Now, if only Lua could follow the same path with their “tables” (“tables” is
what Lua programmers call their form of Python’s “dictionaries” and Perl’s
“hashes”).

I just spent eight hours earlier this week debugging Lua code which would run
differently on different invocations of the same code.

The standard way to iterate in a table with Lua is like this:

    
    
      for key, value in pairs(foo) do
    

One problem: The order we get elements from the table “foo” is undefined, and
_it can change between different invocations of the same Lua code, even if the
elements were put in the table in the same order_. In order to fix things so
that we can iterate a table in a consistent manner, this is my fix (public
domain [1], if those who want to copy and paste it):

    
    
      function sorted_table_keys(t)
        local a = {}
        local b = 1
        for k,_ in pairs(t) do -- pairs() use OK; will sort 
          a[b] = k
          b = b + 1
        end
        table.sort(a, function(y,z) return tostring(y) < tostring(z) end)
        return a
      end
    

Then we iterate the table like this:

    
    
      for _, key in ipairs(sorted_table_keys(foo)) do
        local value = foo[key]
    

(In Lua, two dashes indicates a comment.)

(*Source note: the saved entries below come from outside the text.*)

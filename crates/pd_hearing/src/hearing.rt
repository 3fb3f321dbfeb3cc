//! What a box does with a message.

ghost use Rattle.std.specs.Prelude.{◌≡◌, ◌<◌, ◌≤◌, ◌^◌, true, false, length, Some, None, IfSome};
ghost use Rattle.std.specs.List.{All};
ghost use Rattle.std.specs.Option.{option_copied};
ghost use Rattle.slab.specs.Slab.{get};
ghost use Rattle.pd_atom.specs.Atoms.{IsOf};
ghost use Rattle.pd_vline.specs.Rows.{IsOpen};
ghost use Rattle.pd_atom.specs.Names.{Names, Extends};
ghost use Rattle.pd_kind.specs.Said.{said_by};
ghost use Rattle.pd_grove.specs.Telling.{kind_in, state_in};
ghost use Rattle.pd_patch.specs.Walking.{RestStays};
ghost use Rattle.pd_hearing.specs.Worlds.{net_of, states_of};
ghost use Rattle.pd_hearing.specs.Guards as guard;
ghost use Rattle.pd_hearing.specs.Hearing.{heard_at as reply_at, box_heard, box_resumed, heard_in, heard_kind, heard_by, heard_line, heard_other, resumed_at, fired_at, fired_with, loaded_at, loaded_with, loaded_kind, panel_loaded, table_by, table_named, table_name as name_of_table};

use crate::known::{are_known, is_name};
use crate::small::is_small;
use pd_atom::{Atom, Sym, Symbols};
use pd_clock::Time;
use pd_grove::Node;
use pd_kind::{Around, Glue, Kind, Message, Sends, State};
use pd_num::Num;
use pd_patch::Patch;

/// The most atoms of a message.
const MOST: usize = 1024;

/// A box hears a message at an inlet: its state changes, and in `out` is what it says. A box whose state is out hears nothing.
pub fn hear_at(
    patch: &mut Patch,
    node: u32,
    inlet: u32,
    selector: Sym,
    atoms: &[Atom],
    now: Time,
    symbols: &mut Symbols,
    out: &mut Sends,
)
    ensures reply { record { states = states_of patch.new; names = symbols.new; said = said_by out.new } ≡ reply_at (net_of patch.old) now (states_of patch.old) symbols.old node inlet selector atoms.now }
    ensures extends { Extends symbols.old symbols.new }
    ensures net { net_of patch.new ≡ net_of patch.old }
    ensures clocks { patch.new.timers ≡ patch.old.timers }
{
    if looks_at_table(patch, node) {
        hear_beside(patch, node, inlet, selector, atoms, now, symbols, out);
    } else {
        hear_alone(patch, node, inlet, selector, atoms, now, symbols, out);
    }
}

/// Whether a box looks at a table.
fn looks_at_table(patch: &Patch, node: u32) -> bool
    ensures { result ≡ false → table_named (kind_in (get patch.now.grove.nodes node)) ≡ None }
{
    match patch.node(node) {
        Some(found) => table_name(&found.kind).is_some(),
        None => false,
    }
}

/// A box that looks at no table hears a message. It stays in its place meanwhile.
fn hear_alone(
    patch: &mut Patch,
    node: u32,
    inlet: u32,
    selector: Sym,
    atoms: &[Atom],
    now: Time,
    symbols: &mut Symbols,
    out: &mut Sends,
)
    requires { table_named (kind_in (get patch.old.grove.nodes node)) ≡ None }
    ensures reply { record { states = states_of patch.new; names = symbols.new; said = said_by out.new } ≡ reply_at (net_of patch.old) now (states_of patch.old) symbols.old node inlet selector atoms.now }
    ensures extends { Extends symbols.old symbols.new }
    ensures net { net_of patch.new ≡ net_of patch.old }
    ensures clocks { patch.new.timers ≡ patch.old.timers }
{
    match patch.node_mut(node) {
        Some(found) => hear_box(found, inlet, selector, atoms, now, symbols, out),
        None => out.say_nothing(),
    }
}

/// A box hears a message beside no table.
fn hear_box(
    found: &mut Node,
    inlet: u32,
    selector: Sym,
    atoms: &[Atom],
    now: Time,
    symbols: &mut Symbols,
    out: &mut Sends,
)
    ensures heard { record { node = found.new; names = symbols.new; said = said_by out.new } ≡ box_heard symbols.old found.old inlet selector atoms.now now }
    ensures extends { Extends symbols.old symbols.new }
{
    let around = Around { now, table: None };
    match &mut found.state {
        Some(state) => hear_kind(
            &found.kind,
            state,
            inlet,
            selector,
            atoms,
            &around,
            symbols,
            out,
        ),
        None => out.say_nothing(),
    }
}

/// A box hears a message beside the table that it looks at. Its state is out meanwhile.
fn hear_beside(
    patch: &mut Patch,
    node: u32,
    inlet: u32,
    selector: Sym,
    atoms: &[Atom],
    now: Time,
    symbols: &mut Symbols,
    out: &mut Sends,
)
    ensures reply { record { states = states_of patch.new; names = symbols.new; said = said_by out.new } ≡ reply_at (net_of patch.old) now (states_of patch.old) symbols.old node inlet selector atoms.now }
    ensures extends { Extends symbols.old symbols.new }
    ensures net { net_of patch.new ≡ net_of patch.old }
    ensures clocks { patch.new.timers ≡ patch.old.timers }
{
    if !patch.has_state(node) {
        out.say_nothing();
        return;
    }
    let mut state = patch.take_state(node);
    hear_with(
        patch, node, &mut state, inlet, selector, atoms, now, symbols, out,
    );
    patch.put_state(node, state);
}

fn hear_with(
    patch: &Patch,
    node: u32,
    state: &mut State,
    inlet: u32,
    selector: Sym,
    atoms: &[Atom],
    now: Time,
    symbols: &mut Symbols,
    out: &mut Sends,
)
    ensures heard { record { state = state.new; names = symbols.new; said = said_by out.new } ≡ heard_in symbols.old (kind_in (get patch.now.grove.nodes node)) state.old inlet selector atoms.now now (table_by patch.now (table_named (kind_in (get patch.now.grove.nodes node)))) }
    ensures extends { Extends symbols.old symbols.new }
{
    let Some(found) = patch.node(node) else {
        out.say_nothing();
        return;
    };
    let around = Around {
        now,
        table: table_for(patch, &found.kind),
    };
    hear_kind(
        &found.kind,
        state,
        inlet,
        selector,
        atoms,
        &around,
        symbols,
        out,
    );
}

/// The values of the table that a kind names.
fn table_for<'a>(patch: &'a Patch, kind: &Kind) -> Option<&'a [Num]>
    ensures { option_copied result ≡ table_by patch.now (name_of_table kind.now) }
{
    patch.table_of(table_name(kind)?)
}

/// The name of the table that a `tabread` or a `tabwrite` looks at.
pub(crate) fn table_name(kind: &Kind) -> Option<Sym>
    ensures { result ≡ name_of_table kind.now }
{
    match kind {
        Kind::Glue(Glue::Tabread { name }) | Kind::Glue(Glue::Tabwrite { name }) => *name,
        _ => None,
    }
}

/// Whether a message can be heard: it has at most 1,024 atoms, and what it names is of the table.
fn is_message(symbols: &Symbols, selector: Sym, atoms: &[Atom]) -> bool
    ensures name { result ≡ true → selector < length symbols.now }
    ensures atoms { result ≡ true → All (IsOf symbols.now) atoms.now }
    ensures few { result ≡ true → length atoms.now ≤ 1024 }
    ensures value { result ≡ guard.is_message symbols.now selector atoms.now }
{
    is_name(symbols, selector) && atoms.len() <= MOST && are_known(symbols, atoms)
}

/// Whether a table has fewer than 2^32 values.
fn is_table(table: Option<&[Num]>) -> bool
    ensures small { result ≡ true → IfSome (option_copied table.entry) (λ values. length values < 2 ^ 32) }
    ensures value { result ≡ guard.is_table (option_copied table.entry) }
{
    match table {
        Some(values) => values.len() < 4_294_967_296,
        None => true,
    }
}

fn hear_kind(
    kind: &Kind,
    state: &mut State,
    inlet: u32,
    selector: Sym,
    atoms: &[Atom],
    around: &Around,
    symbols: &mut Symbols,
    out: &mut Sends,
)
    ensures heard { record { state = state.new; names = symbols.new; said = said_by out.new } ≡ heard_kind symbols.old kind.now state.old inlet selector atoms.now around.entry.now.now (option_copied around.entry.now.table) }
    ensures extends { Extends symbols.old symbols.new }
{
    if !is_message(symbols, selector, atoms) {
        out.say_nothing();
        return;
    }
    match kind {
        Kind::Arith(_) => {
            let message = Message { selector, atoms };
            pd_arith::hear(kind, state, inlet, message, symbols, around, out);
        }
        Kind::Panel(_) => {
            let message = Message { selector, atoms };
            pd_panel::hear(kind, state, inlet, message, symbols, around, out);
        }
        Kind::Vline => hear_vline(kind, state, inlet, selector, atoms, symbols, around, out),
        _ => hear_other(kind, state, inlet, selector, atoms, symbols, around, out),
    }
}

/// Whether a `vline~` has run no block beyond now.
fn is_open(state: &State, now: Time) -> bool
    ensures is_open { result ≡ true → IsOpen now state.now }
    ensures value { result ≡ guard.is_open now state.now }
{
    match state {
        State::Vline(book) => book.ramps().end.units() <= now.units(),
        _ => true,
    }
}

fn hear_vline(
    kind: &Kind,
    state: &mut State,
    inlet: u32,
    selector: Sym,
    atoms: &[Atom],
    symbols: &mut Symbols,
    around: &Around,
    out: &mut Sends,
)
    requires { selector < length symbols.old }
    ensures heard { record { state = state.new; names = symbols.new; said = said_by out.new } ≡ heard_line symbols.old kind.now state.old inlet selector atoms.now around.entry.now.now }
    ensures extends { Extends symbols.old symbols.new }
{
    let now = around.now;
    if now.units() > 1 << 101 || !is_open(state, now) {
        out.say_nothing();
        return;
    }
    let message = Message { selector, atoms };
    pd_vline::hear(kind, state, inlet, message, symbols, around, out);
}

fn hear_other(
    kind: &Kind,
    state: &mut State,
    inlet: u32,
    selector: Sym,
    atoms: &[Atom],
    symbols: &mut Symbols,
    around: &Around,
    out: &mut Sends,
)
    requires name { selector < length symbols.old }
    requires atoms { All (IsOf symbols.old) atoms.now }
    requires few { length atoms.now ≤ 1024 }
    ensures heard { record { state = state.new; names = symbols.new; said = said_by out.new } ≡ heard_other symbols.old kind.now state.old inlet selector atoms.now around.entry.now.now (option_copied around.entry.now.table) }
    ensures extends { Extends symbols.old symbols.new }
{
    if !is_table(around.table) || !is_small(kind, state, symbols) {
        out.say_nothing();
        return;
    }
    let message = Message { selector, atoms };
    pd_glue::hear(kind, state, inlet, message, symbols, around, out);
}

/// The clock of a box fires: in `out` is what it says.
pub fn fire_at(patch: &mut Patch, node: u32, out: &mut Sends)
    ensures said { said_by out.new ≡ fired_at (net_of patch.old) (states_of patch.old) node }
    ensures states { states_of patch.new ≡ states_of patch.old }
    ensures net { net_of patch.new ≡ net_of patch.old }
    ensures clocks { patch.new.timers ≡ patch.old.timers }
{
    if !patch.has_state(node) {
        out.say_nothing();
        return;
    }
    let mut state = patch.take_state(node);
    fire_with(patch, node, &mut state, out);
    patch.put_state(node, state);
}

fn fire_with(patch: &Patch, node: u32, state: &mut State, out: &mut Sends)
    ensures said { said_by out.new ≡ fired_with (Some state.old) (kind_in (get patch.now.grove.nodes node)) }
    ensures state { state.new ≡ state.old }
{
    match patch.node(node) {
        Some(found) => pd_glue::fire(&found.kind, state, out),
        None => out.say_nothing(),
    }
}

/// A box is resumed: in `out` is what it says.
pub fn resume_at(patch: &mut Patch, node: u32, out: &mut Sends)
    ensures reply { (names : Names) → record { states = states_of patch.new; names = names; said = said_by out.new } ≡ resumed_at (net_of patch.old) (states_of patch.old) names node }
    ensures net { net_of patch.new ≡ net_of patch.old }
    ensures clocks { patch.new.timers ≡ patch.old.timers }
{
    match patch.node_mut(node) {
        Some(found) => resume_box(found, out),
        None => out.say_nothing(),
    }
}

fn resume_box(found: &mut Node, out: &mut Sends)
    ensures { (names : Names) → record { node = found.new; names = names; said = said_by out.new } ≡ box_resumed names found.old }
{
    match &mut found.state {
        Some(state) => pd_glue::resume(&found.kind, state, out),
        None => out.say_nothing(),
    }
}

/// A box is loaded: in `out` is what it says.
pub fn load_at(patch: &Patch, node: u32, out: &mut Sends)
    ensures { said_by out.new ≡ loaded_at (net_of patch.now) (states_of patch.now) node }
{
    match patch.node(node) {
        Some(found) => load_kind(&found.kind, patch.state_at(node), out),
        None => out.say_nothing(),
    }
}

fn load_kind(kind: &Kind, state: Option<&State>, out: &mut Sends)
    ensures { said_by out.new ≡ loaded_kind kind.now (option_copied state.entry) }
{
    match kind {
        Kind::Glue(Glue::Loadbang) => out.say_bang(0),
        Kind::Panel(_) => load_panel(kind, state, out),
        _ => out.say_nothing(),
    }
}

fn load_panel(kind: &Kind, state: Option<&State>, out: &mut Sends)
    ensures { said_by out.new ≡ panel_loaded kind.now (option_copied state.entry) }
{
    match state {
        Some(state) => pd_panel::load(kind, state, out),
        None => out.say_nothing(),
    }
}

Note that this code will not always sort in the same order all tables. If we
have a table with the keys 1 (as a number) and "1" (as a string), iteration
order is still undefined.

The code is open source, and is a procedural (“random”) map generator for Doom
written mainly by Andrew Apted which I have added some features and fixed some
bugs with. It’s here:
[https://github.com/samboy/ObHack](https://github.com/samboy/ObHack) and the
issue is here:
[https://github.com/samboy/ObHack/issues/4](https://github.com/samboy/ObHack/issues/4)

[1] The project I added this code to is GPL, but this function, which I wrote
entirely by myself, is one I am donating to the public domain.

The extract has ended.